Department of Geography and Planning

People Directory Affiliation Category

I am a critical economic and urban geographer with a mix of academic and professional experience and a specific focus on the role of finance in everyday life. My work has been published in leading geography journals such as Progress in Human Geography, the Annals of the American Association of Geographers, Urban Geography, Geoforum, and the Cambridge Journal of Regions, Economy and Society.

Since beginning my position at Queen's in September 2019, I have conducted several funded projects on different elements of the Canadian financial system. From 2020 to 2023 I completed a project on Canada's Social Finance Fund, examining how the fund evolved through the policymaking process and the power dynamics which shape how the investments in the fund help define the 'social good'. From 2023 onward I have been leading a SSHRC Insight grant on the spatial politics of monetary policy in Canada. 

Prior to my employment at Queen's, I completed a Master of Science in Planning at the University of Toronto and subsequently worked as a planner and researcher in both the private sector and for the City of Toronto. Based on this experience I developed a research interest in how the increasing power of finance and market-based policies are shaping the social systems that people rely upon for the necessities of life. 

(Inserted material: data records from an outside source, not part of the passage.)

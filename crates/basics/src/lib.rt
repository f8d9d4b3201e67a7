//! Lemmas that std has no name for: on truth values, tests of numbers, options, lists, facts of their members, and texts. They
//! speak of std's words alone, so that every crate can cite them. The crate has no code; its lemmas stand in `specs/`.
#![tactic(auto)]
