//! Lines with what continues them.
ghost use Rattle.std.specs.Prelude.{◌≡◌, ◌∷◌, ◌≤◌, length, IfOk};
ghost use Rattle.head_grammar.specs.FieldLines as spec;
ghost use Rattle.head_grammar.specs.WholeLines.{bytes_of};

use crate::classes::trim_front;
use crate::lines::Lines;
use std::alloc::{AllocError, Global};

/// A line as it was sent, or joined with those that continue it.
#[derive(Drop)]
pub(crate) enum WholeLine<'a> {
    Sent(&'a [u8]),
    Joined(Vec<u8>),
}

impl<'a> WholeLine<'a> {
    pub(crate) fn as_slice(&self) -> &[u8]
        ensures { result.now ≡ bytes_of self.now }
    {
        match self {
            WholeLine::Sent(line) => line,
            WholeLine::Joined(line) => line.as_slice(),
        }
    }
}

// The line with those that continue it, each behind one SP.
fn joined(alloc: Global, line: &[u8], lines: &mut Lines<'_>) -> Result<Vec<u8>, AllocError>
    ensures whole { IfOk result (λ whole. spec.onto_lines (spec.first_continues lines.old) line.now
        (spec.unfolded lines.old) ≡ whole.items ∷ spec.unfolded lines.new) }
    ensures shorter { length lines.new ≤ length lines.old }
{
    let mut whole = Vec::from_slice(alloc, line)?;
    while let Some(next) = lines.next_continued() {
        whole.push(b' ')?;
        whole.extend_from_slice(trim_front(next))?;
    }
    Ok(whole)
}

/// The line with those that continue it, which are taken off.
pub(crate) fn whole_line<'a>(
    alloc: Global,
    line: &'a [u8],
    lines: &mut Lines<'a>,
) -> Result<WholeLine<'a>, AllocError>
    ensures said { IfOk result (λ whole. spec.field_lines (spec.unfolded (line.now ∷ lines.old))
        ≡ spec.onto_fields (spec.field_line (bytes_of whole))
        (spec.field_lines (spec.unfolded lines.new))) }
    ensures shorter { length lines.new ≤ length lines.old }
{
    if lines.next_continues() {
        return Ok(WholeLine::Joined(joined(alloc, line, lines)?));
    }
    Ok(WholeLine::Sent(line))
}
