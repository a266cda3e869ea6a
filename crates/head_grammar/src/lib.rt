//! Where a request head ends, and what it says (RFC 9112, sections 2.2, 3, 5, 6 and 9.3).
#![tactic(auto)]

mod classes;
mod ends;
mod field_lines;
mod field_list;
mod fields;
mod framing;
mod head;
mod laws;
mod lines;
mod request_line;
mod splits;
mod targets;
mod types;
mod verdict;
mod whole_line;

pub use byte_tables::Refusal;
pub use classes::{are_field_bytes, trim};
pub use ends::head_end;
pub use field_lines::is_name;
pub use field_list::FieldList;
pub use fields::Fields;
pub use head::Head;
pub use laws::one_end;
pub use types::{Field, Framing, Parsed, Version};
pub use verdict::read_head;
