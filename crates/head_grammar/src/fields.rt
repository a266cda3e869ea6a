//! The fields that a text is cut into.
ghost use Rattle.std.specs.Prelude.{◌≡◌, ◌==◌, length, option_copied};
ghost use Rattle.std.specs.List.{list_any};
ghost use Rattle.std.specs.Iterator.{YieldsFirstBy, item_count};
ghost use Rattle.head_grammar.specs.FieldLines.{field_value, has_name};
ghost use Rattle.head_grammar.specs.Pairs.{field_of, fields_of};

use pair_list::Pairs;
use std::marker::Model;

/// Fields that are lent, in order. As an iterator it gives the name and the value of each that is
/// left.
#[derive(Debug, Drop)]
pub struct Fields<'a> {
    pairs: Pairs<'a>,
}

impl<'a> Model for Fields<'a> {
    ghost use Rattle.std.specs.Prelude.{List};
    ghost use Rattle.head_grammar.specs.Pairs.{fields_of};
    ghost use Rattle.head_grammar.specs.declared.types.Field.{Field};

    ghost Value = { List Field };

    ghost view = { λ fields. fields_of fields.pairs };
}

impl<'a> Fields<'a> {
    pub(crate) fn new(pairs: Pairs<'a>) -> Fields<'a>
        ensures { result ≡ fields_of pairs.entry }
    {
        Fields { pairs }
    }

    /// The same fields, to walk them.
    pub fn iter(&self) -> Fields<'a>
        ensures { result ≡ self.now }
    {
        Fields {
            pairs: self.pairs.iter(),
        }
    }

    /// How many fields there are.
    pub fn len(&self) -> usize
        ensures { result ≡ length self.now }
    {
        self.pairs.len()
    }

    /// Whether there is none.
    pub fn is_empty(&self) -> bool
        ensures { result ≡ (length self.now == 0) }
    {
        self.pairs.is_empty()
    }

    /// Whether a field has this name, which is in lower case.
    pub fn has(&self, name: &[u8]) -> bool
        ensures { result ≡ list_any (has_name name.now) self.now }
    {
        self.pairs.first(name).is_some()
    }

    /// The value of the field with this name, which is in lower case.
    pub fn value_of(&self, name: &[u8]) -> Option<&'a [u8]>
        ensures { option_copied result ≡ field_value name.now self.now }
    {
        self.pairs.first(name)
    }
}

impl<'a> Iterator for Fields<'a> {
    type Item = (&'a [u8], &'a [u8]);

    ghost next_gives = { YieldsFirstBy (λ pair. field_of pair.0.now pair.1.now)
        (λ fields. fields) };

    ghost remaining = { item_count (λ fields. fields) };

    fn next(&mut self) -> Option<(&'a [u8], &'a [u8])> {
        self.pairs.next()
    }
}
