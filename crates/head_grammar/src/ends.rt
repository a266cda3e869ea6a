//! Where a request head ends.
ghost use Rattle.std.specs.Prelude.{◌≡◌, ◌<◌, ◌≤◌, length, take, None, Some, IfSome};
ghost use Rattle.head_grammar.specs.Ends.{head_end};

use memchr::memmem;

/// The length of the first head of `bytes`, with the empty line that ends it (RFC 9112,
/// section 2.1). The search begins at `from`, where it stopped before.
pub fn head_end(bytes: &[u8], from: usize) -> Option<usize>
    requires within { from ≤ length bytes.now }
    requires none { head_end (take from bytes.now) ≡ None }
    ensures value { result ≡ head_end bytes.now }
    ensures behind { IfSome result (λ n. from < n) }
    ensures within { IfSome result (λ n. n ≤ length bytes.now) }
    ensures cut { IfSome result (λ n. head_end (take n bytes.now) ≡ Some n) }
{
    let start = from.saturating_sub(3);
    let at = memmem::find(&bytes[start..], b"\r\n\r\n")?;
    Some(start + at + 4)
}
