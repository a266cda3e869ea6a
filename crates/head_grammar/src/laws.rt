//! What holds of every head. The function does nothing: its clauses are the laws.
ghost use Rattle.std.specs.Prelude.{◌≡◌, ◌≤◌, ◌<◌, ◌++◌, ℕ, List, [], None, Some, length, take};
ghost use Rattle.head_grammar.specs.Ends.{head_end};

/// Of all bytes one place is where the first head ends, if any is.
pub fn one_end()
    ensures empty { head_end [] ≡ None }
    ensures within { (bytes : List ℕ) (n : ℕ) → head_end bytes ≡ Some n →
        (4 ≤ n) × (n ≤ length bytes) }
    // A head alone ends where it ends, and no bytes behind it change that.
    ensures cut { (bytes : List ℕ) (n : ℕ) → head_end bytes ≡ Some n →
        head_end (take n bytes) ≡ Some n }
    ensures settled { (bytes more : List ℕ) (n : ℕ) → head_end bytes ≡ Some n →
        head_end (bytes ++ more) ≡ Some n }
    // Where none ends among some bytes, one may end behind them.
    ensures later { (bytes more : List ℕ) (n : ℕ) → head_end bytes ≡ None →
        head_end (bytes ++ more) ≡ Some n → length bytes < n }
{}
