//! Where a byte stands first, and what stands on each side of it.
ghost use Rattle.std.specs.Prelude.{◌≡◌, ◌≤◌, ◌<◌, ◌==◌, length, position, IfSome};
ghost use Rattle.head_grammar.specs.Targets as spec;

/// The place of the first of these bytes.
pub(crate) fn place_of(bytes: &[u8], sought: u8) -> Option<usize>
    ensures first { result ≡ position (λ b. b == sought) bytes.now }
    ensures within { IfSome result (λ at. at < length bytes.now) }
{
    bytes.iter().position(|byte| *byte == sought)
}

/// The same, or the end of the bytes where none stands there.
pub(crate) fn place_or_end(bytes: &[u8], sought: u8) -> usize
    ensures place { result ≡ spec.place_or_end sought bytes.now }
    ensures within { result ≤ length bytes.now }
{
    place_of(bytes, sought).unwrap_or(bytes.len())
}

/// What stands before the first of these bytes, and what behind it.
pub(crate) fn cut_at(bytes: &[u8], sought: u8) -> (&[u8], &[u8])
    ensures before { result.0.now ≡ spec.before sought bytes.now }
    ensures behind { result.1.now ≡ spec.behind sought bytes.now }
{
    let at = place_or_end(bytes, sought);
    let (before, rest) = bytes.split_at(at);
    match rest.split_first() {
        Some((_, behind)) => (before, behind),
        None => (before, &[]),
    }
}
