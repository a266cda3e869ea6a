//! What a request's target names: a path and a query.
ghost use Rattle.std.specs.Prelude.{◌≡◌, ◌++◌, OnOk};
ghost use Rattle.std.specs.List.{list_all};
ghost use Rattle.percent_encoding.specs.Iter.{decoded_bytes};
ghost use Rattle.percent_encoding.specs.Percent as percent;
ghost use Rattle.head_grammar.specs.Targets as spec;

use crate::splits::{cut_at, place_or_end};
use percent_encoding::{PercentDecode, percent_decode};
use std::alloc::AllocError;

fn are_scheme_bytes(bytes: &[u8]) -> bool
    ensures { result ≡ list_all spec.is_scheme_byte bytes.now }
{
    bytes.iter().all(|byte| byte.is_ascii_alphanumeric() || matches!(*byte, b'+' | b'-' | b'.'))
}

fn is_scheme(bytes: &[u8]) -> bool
    ensures { result ≡ spec.is_scheme bytes.now }
{
    match bytes.split_first() {
        Some((first, rest)) => first.is_ascii_alphabetic() && are_scheme_bytes(rest),
        None => false,
    }
}

fn without_authority(bytes: &[u8]) -> &[u8]
    ensures { result.now ≡ spec.without_authority bytes.now }
{
    let (scheme, rest) = bytes.split_at(place_or_end(bytes, b':'));
    if !is_scheme(scheme) {
        return bytes;
    }
    match rest.strip_prefix(b"://") {
        Some(behind) => &behind[place_or_end(behind, b'/')..],
        None => bytes,
    }
}

fn without_slashes(decoded: PercentDecode<'_>) -> PercentDecode<'_>
    ensures { decoded_bytes result ≡ spec.without_slashes (decoded_bytes decoded.entry) }
{
    let mut rest = decoded;
    let mut ahead = decoded;
    while let Some(b'/') = ahead.next() {
        rest = ahead;
    }
    rest
}

/// Adds the path of a target, of which this was sent. The escapes are read in the one copy.
pub(crate) fn push_path(text: &mut Vec<u8>, raw: &[u8]) -> Result<(), AllocError>
    ensures { OnOk result (text.new.items
        ≡ text.old.items ++ spec.rooted (percent.percent_decode raw.now)) }
{
    text.push(b'/')?;
    without_slashes(percent_decode(raw)).append_to(text)
}

/// The path of a target as it was sent, and the query (RFC 9112, section 3.2).
#[tactic(auto, unfolding(crate::specs::Targets::query_of))]
pub(crate) fn cut_target(target: &[u8]) -> (&[u8], &[u8])
    ensures path { result.0.now ≡ spec.raw_path target.now }
    ensures query { result.1.now ≡ spec.query_of target.now }
{
    let (named, _) = cut_at(target, b'#');
    let (path, query) = cut_at(named, b'?');
    (without_authority(path), query)
}
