//! What a request line says.
ghost use Rattle.std.specs.Prelude.{◌≡◌, ◌≢◌, ◌∷◌, [], length, IfOk, IfSome, IfNone};
ghost use Rattle.head_grammar.specs.RequestLines as spec;
ghost use Rattle.head_grammar.specs.Targets.{path_of, query_of};

use crate::splits::place_of;
use crate::targets::{cut_target, push_path};
use crate::{Refusal, Version};
use byte_tables::{is_digit, is_target, is_token};
use std::alloc::{AllocError, Global};
use std::marker::Model;

/// A request line (RFC 9112, section 3).
#[derive(Debug, Drop)]
pub(crate) struct RequestLine {
    // the method, the target, the path and the query, one behind the other
    text: Vec<u8>,
    method_end: usize,
    target_end: usize,
    path_end: usize,
    version: Version,
}

impl Model for RequestLine {
    ghost use Rattle.std.specs.Prelude.{◌≤◌, ◌-◌, length, take, drop};
    ghost use Rattle.head_grammar.specs.Heads.{RequestLine};

    ghost Value = { RequestLine };

    ghost view = { λ line. record {
      method = take line.method_end line.text.items;
      target = take (line.target_end - line.method_end) (drop line.method_end line.text.items);
      path = take (line.path_end - line.target_end) (drop line.target_end line.text.items);
      query = drop line.path_end line.text.items;
      version = line.version;
    } };

    ghost invariant = { λ line. (line.method_end ≤ line.target_end)
        × (line.target_end ≤ line.path_end) × (line.path_end ≤ length line.text.items) };
}

impl RequestLine {
    pub(crate) fn method(&self) -> &[u8]
        ensures { result.now ≡ self.now.method }
    {
        &self.text[..self.method_end]
    }

    pub(crate) fn target(&self) -> &[u8]
        ensures { result.now ≡ self.now.target }
    {
        &self.text[self.method_end..self.target_end]
    }

    pub(crate) fn path(&self) -> &[u8]
        ensures { result.now ≡ self.now.path }
    {
        &self.text[self.target_end..self.path_end]
    }

    pub(crate) fn query(&self) -> &[u8]
        ensures { result.now ≡ self.now.query }
    {
        &self.text[self.path_end..]
    }

    pub(crate) fn version(&self) -> Version
        ensures { result ≡ self.now.version }
    {
        self.version
    }
}

// The first part, and what stands behind the SP that ends it.
fn cut_part(line: &[u8]) -> Option<(&[u8], &[u8])>
    ensures cut { IfSome result (λ cut. spec.parts line.now ≡ cut.0.now ∷ spec.parts cut.1.now) }
    ensures whole { IfNone result (spec.parts line.now ≡ line.now ∷ []) }
{
    let at = place_of(line, b' ')?;
    Some((&line[..at], &line[at + 1..]))
}

fn three_parts(line: &[u8]) -> Option<(&[u8], &[u8], &[u8])>
    ensures three { IfSome result (λ p. spec.parts line.now ≡ p.0.now ∷ p.1.now ∷ p.2.now ∷ []) }
    ensures others { IfNone result (length (spec.parts line.now) ≢ 3) }
{
    let (method, rest) = cut_part(line)?;
    let (target, version) = cut_part(rest)?;
    match cut_part(version) {
        Some(_) => None,
        None => Some((method, target, version)),
    }
}

fn is_method(part: &[u8]) -> bool
    ensures { result ≡ spec.is_method part.now }
{
    part.iter()
        .all(|byte| is_token(*byte) && !byte.is_ascii_lowercase())
}

fn is_version(part: &[u8]) -> bool
    ensures { result ≡ spec.is_version part.now }
{
    part.len() == 8
        && part.starts_with(b"HTTP/")
        && is_digit(part[5])
        && part[6] == b'.'
        && is_digit(part[7])
}

fn version_of(part: &[u8]) -> Version
    ensures { result ≡ spec.version_of part.now }
{
    if part == b"HTTP/1.1".as_slice() {
        Version::New
    } else {
        Version::Old
    }
}

fn is_request_target(part: &[u8]) -> bool
    ensures { result ≡ spec.is_request_target part.now }
{
    part.iter().all(|byte| is_target(*byte))
}

// The line of these parts, in one text.
#[tactic(auto, unfolding(crate::specs::Targets::path_of))]
fn line_of(
    alloc: Global,
    method: &[u8],
    target: &[u8],
    version: Version,
) -> Result<RequestLine, AllocError>
    ensures { IfOk result (λ line. line ≡ record {
      method = method.now;
      target = target.now;
      path = path_of target.now;
      query = query_of target.now;
      version = version;
    }) }
{
    let (path, query) = cut_target(target);
    let room = method.len().saturating_add(target.len());
    let mut text = Vec::with_capacity(alloc, room.saturating_add(target.len()))?;
    text.extend_from_slice(method)?;
    let method_end = text.len();
    text.extend_from_slice(target)?;
    let target_end = text.len();
    push_path(&mut text, path)?;
    let path_end = text.len();
    text.extend_from_slice(query)?;
    Ok(RequestLine {
        text,
        method_end,
        target_end,
        path_end,
        version,
    })
}

/// What a request line says, or its refusal.
#[tactic(auto, unfolding(crate::specs::RequestLines::request_line))]
pub(crate) fn read_request_line(
    alloc: Global,
    line: &[u8],
) -> Result<Result<RequestLine, Refusal>, AllocError>
    ensures { IfOk result (λ read. read ≡ spec.request_line line.now) }
{
    let Some((method, target, version)) = three_parts(line) else {
        return Ok(Err(Refusal::RequestLine));
    };
    if method.is_empty() || target.is_empty() || version.is_empty() {
        return Ok(Err(Refusal::RequestLine));
    }
    if !is_method(method) {
        return Ok(Err(Refusal::Method));
    }
    if !is_version(version) {
        return Ok(Err(Refusal::Version));
    }
    if !is_request_target(target) {
        return Ok(Err(Refusal::Target));
    }
    Ok(Ok(line_of(alloc, method, target, version_of(version))?))
}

After leaving the City of Toronto I returned to academia to undertake a PhD in Geography at the University of British Columbia (UBC). At UBC my dissertation explored how market-based education policies spread throughout the United States and the intersections of these markets with financial speculation and the urban geographies of race. My post-doctoral fellowship at Concordia University extended this research interest into Canada through new subject areas such as impact investing and social finance. 

Credentials
B.A. (University of Toronto)
M.Sc. Pl (University of Toronto)
PhD (University of British Columbia)

Research Interests

My research interests are focused in economic and financial geography, specifically the role of markets in shaping important urban, social, and economic systems that shape people's everyday lives.
 
Using a political economic approach, my past and current research projects have critically examined our increasing reliance on market systems of service provision to plan the delivery of public goods and on the role of financial systems in producing spatialized inequality. Through doing so, I explore how geographic factors such as place-based political struggles and the circulation of financial capital shape the ways that markets evolve and function. This has included research in several areas such as: (1) new visions for the use of public finance, including the critical analysis or monetary policy; (2) new models of social finance and impact investing; (3) schooling markets, student debt, and the role of schooling in shaping urban dynamics; and (4) the movement of policy between cities.

Student Supervision
I am interested in work with students with research interests in the critical study of markets/finance, geographies of education, and urban policy and philanthropy from a variety of perspectives (political economy, critical race theory, etc.).